I popped a gherkin into my mouth. The remaining five tumbled into a ragged pile on the plate. “Both, sir.” I chewed on the gherkin — nothing had tasted so delicious since I’d left home — while Braithwaite gnawed on a fresh prawn with what I supposed was impatience.

Albright broke the silence. “Come, come, lieutenant, there’s a war on. We haven’t got ages.”

“Very well,” I said, once again avoiding direct response. Instead I turned physically to the vice admiral. “There are seven — two stallions, the rest mares. There may be more but that is all I saw. They are Marwari, sir. I suppose you know that.”

Braithwaite picked up his glass, South African hock, the chilled green bottle shining in a silver ice bucket glistening with rivulets of sweat. He swallowed down a considerable amount. “Yes, Marwari. Tell me what I don’t know.”

It occurred to me to tell him that he did not know I felt closer to Abraham Talal than ever I could to his lordship, but I dared not. “Just over fifteen hands, the stallions, the mares about fourteen. As you are probably aware, the breed is distinguished for its long, pointed ears that taper gracefully and turn in toward each other as if in conversation. Looked at head-on, they form a lyre shape. From the side the head is long and aquiline, straight as this table, sir, with large flaring nostrils and gentle lips.”

“Go on.”

“They are a beautiful horse, sir. Straight back, strong vertical limbs. Extremely tough hooves. A farrier’s nightmare — they run unshod. Mr. Talal was kind enough to explain — ”
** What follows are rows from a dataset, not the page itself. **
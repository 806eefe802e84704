// Gathered events by their serials and times.
use std::alloc::Global;
use std::test::Fail;
use ws_gather::in_order;
use ws_model::{Event, NoMemory, What};

// What a list becomes, each event told by its serial and its time.
fn ordered(alloc: Global, gathered: &[(u64, u64)]) -> Result<Vec<(u64, u64)>, NoMemory> {
    let mut events = Vec::new(alloc);
    for &(serial, t) in gathered {
        events.push(Event {
            serial,
            t,
            what: What::Unheard { n: serial },
        })?;
    }
    let mut told = Vec::new(alloc);
    for event in &in_order(events) {
        told.push((event.serial, event.t))?;
    }
    Ok(told)
}

#[test]
fn serials_tell_the_order(rt: HostRuntime) -> Result<(), Fail> {
    let alloc = rt.alloc();
    assert!(rt; ordered(alloc, &[])?.is_empty());
    let later = ordered(alloc, &[(9, 1020), (3, 1000), (7, 1020), (4, 1020)])?;
    assert_eq!(rt;
        &later[..],
        &[(3, 1000), (4, 1020), (7, 1020), (9, 1020)][..]
    );
    let with_first = ordered(alloc, &[(10, 0), (2, 0), (0, 0)])?;
    assert_eq!(rt; &with_first[..], &[(0, 0), (2, 0), (10, 0)][..]);
    Ok(())
}
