//! Signs files, each as one body: `bench_hmac METHOD SECRET FILE..` prints a line for each, its signature.
//!
//! `bench/signatures.sh` measures it against `openssl dgst -hmac`.
#![tactic(auto)]

ghost use Rattle.std.specs.Prelude.{◌≡◌, ◌≢◌, IfNone, IfSome};
ghost use Rattle.ws_hmac.specs.Sign.{method_of};
ghost use Rattle.ws_model.specs.declared.event.Alg.{Alg};

use anyhow::{Context, Result};
use std::{env, fs};
use ws_hmac::signature;
use ws_model::Alg;

fn main(rt: HostRuntime) -> Result<()> {
    let mut words = env::args(&rt)?;
    let _program = words.next();
    let method = words.next().context("a method is missing")?;
    let alg = method_named(method.as_str()).context(format_args!("no method {method}"))?;
    let secret = words.next().context("a secret is missing")?;
    for path in words {
        let body = fs::read(&rt, path.as_str()).context(format_args!("reading {path}"))?;
        let text = signature(rt.alloc(), alg, secret.as_bytes(), &body)?;
        let text = String::from_utf8(text.into_vec())?;
        println!(rt; "{text}")?;
    }
    Ok(())
}

// The method of this name.
fn method_named(name: &str) -> Option<Alg>
    ensures found { IfSome result (λ alg. method_of alg ≡ name.now) }
    ensures none { IfNone result ((alg : Alg) → method_of alg ≢ name.now) }
{
    match name {
        "sha1" => Some(Alg::Sha1),
        "sha256" => Some(Alg::Sha256),
        "sha384" => Some(Alg::Sha384),
        "sha512" => Some(Alg::Sha512),
        _ => None,
    }
}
“Kind enough, my left foot,” Braithwaite said suddenly, so loudly that officers several tables away looked up. “The man is keen on selling his livestock. Kind enough, indeed. He’s playing at this damned… eastern game. Arabs, Jews, Indians — an infernal bad habit is all it is. Lieutenant, I am more than familiar with the Marwari strain, at least from books. There are, unfortunately, very few of them these days outside of books, what with the coming of motor transport and our policy of defanging the maharajas. Before the Great War you might find any odd Indian ruler with a small cavalry, 200–500 horses, sometimes a 1000. But there are precious few now. Frankly, I think the damned Indians ate them. Regardless, our Mr. Talal certainly has the only purebred Marwaris in Africa. For all I know, he has the only purebred Marwaris anywhere.